Andrew Gelman and David Madigan wrote a paper on why 0-1 loss is so problematic:
- Gelman and Madigan. 2015. How is Ethics Like Logistic Regression? Chance 28(12).
This is related to the issue of whether one should be training on an artificial gold standard. Suppose we have a bunch of annotators and we don’t have perfect agreement on items. What do we do? Well, in practice, machine learning evals tend to either (1) throw away the examples without agreement (e.g., the RTE evals, some biocreative named entity evals, etc.), or (2) go with the majority label (everything else I know of). Either way, we are throwing away a huge amount of information by reducing the label to artificial certainty. You can see this pretty easily with simulations, and Raykar et al. showed it with real data.

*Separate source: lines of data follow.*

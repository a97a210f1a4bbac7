//! The games by round.

ghost use Rattle.std.specs.Prelude.{◌≡◌, ◌++◌, ◌<◌, IfOk, OnOk};
ghost use Rattle.fixtures.specs.Games.{round_count, IsPair};
ghost use Rattle.league.specs.League.{teams};
ghost use Rattle.serde_json.specs.View.{view};
ghost use Rattle.report_json.specs.within.Parts.{seen};
ghost use Rattle.report_json.specs.Rounds.{game_at, game_data, round_data, rounds_data};

use crate::parts::push_value;
use fixtures::Schedule;
use league::League;
use serde_json::{Value, json};
use std::alloc::{AllocError, Global};

pub(crate) fn rounds_value(
    alloc: Global,
    league: &League,
    schedule: &Schedule,
) -> Result<Value, AllocError>
    requires { schedule.now.teams ≡ teams league.now }
    ensures { IfOk result (λ value. view value ≡ rounds_data league.now schedule.now) }
{
    let mut rounds = Vec::new(alloc);
    for round in 0..schedule.rounds() {
        push_value(&mut rounds, round_value(alloc, league, schedule, round)?)?;
    }
    Ok(Value::from(rounds))
}

fn round_value(
    alloc: Global,
    league: &League,
    schedule: &Schedule,
    round: u8,
) -> Result<Value, AllocError>
    requires same { schedule.now.teams ≡ teams league.now }
    requires round { round < round_count schedule.now.teams }
    ensures { IfOk result (λ value. view value ≡ round_data league.now schedule.now round) }
{
    let mut games = Vec::new(alloc);
    for team in 0..schedule.teams() {
        push_game_at(alloc, &mut games, league, schedule, (team, round))?;
    }
    Ok(Value::from(games))
}

/// Adds the team's game in the round, if the team is at home there.
fn push_game_at(
    alloc: Global,
    games: &mut Vec<Value>,
    league: &League,
    schedule: &Schedule,
    at: (u8, u8),
) -> Result<(), AllocError>
    requires same { schedule.now.teams ≡ teams league.now }
    requires team { at.0 < schedule.now.teams }
    requires round { at.1 < round_count schedule.now.teams }
    ensures { OnOk result (seen games.new.items ≡ seen games.old.items ++ game_at league.now schedule.now at.1 at.0) }
{
    let (team, round) = at;
    let game = schedule.game_at(team, round);
    if !game.home {
        return Ok(());
    }
    push_value(games, game_value(alloc, league, team, game.opponent)?)?;
    Ok(())
}

fn game_value(alloc: Global, league: &League, home: u8, away: u8) -> Result<Value, AllocError>
    requires { IsPair (teams league.now) home away }
    ensures { IfOk result (λ value. view value ≡ game_data league.now home away) }
{
    let start = league.start_round(home, away);
    json!(in alloc; {
        "away": away as u64 + 1,
        "away_name": league.name(away),
        "home": home as u64 + 1,
        "home_name": league.name(home),
        "start": start as u64 + 1,
    })
}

Yet 0/1 corpora and evaluation remain the gold standard (pun intended) in most machine learning evals. Kaggle has gone largely to log loss, but even that’s very flat around the middle of the range, as Andrew discusses in this blog post:
- Gelman. 2016. TOP SECRET: Newly declassified documents on evaluating models based on predictive accuracy. Blog post.
The problem is that it’s very hard to train a model that’s well calibrated if you reduce the data to an artificial gold standard. If you don’t know what I mean by calibration, check out this paper:
- Gneiting, Balabdaoui, and Raftery. 2007. Probabilistic forecasts, calibration and sharpness. J. R. Statist. Soc. B 69.
It’s one of my favorites. Once you’ve understood it, it’s hard not to think of evaluating models in terms of calibration and sharpness.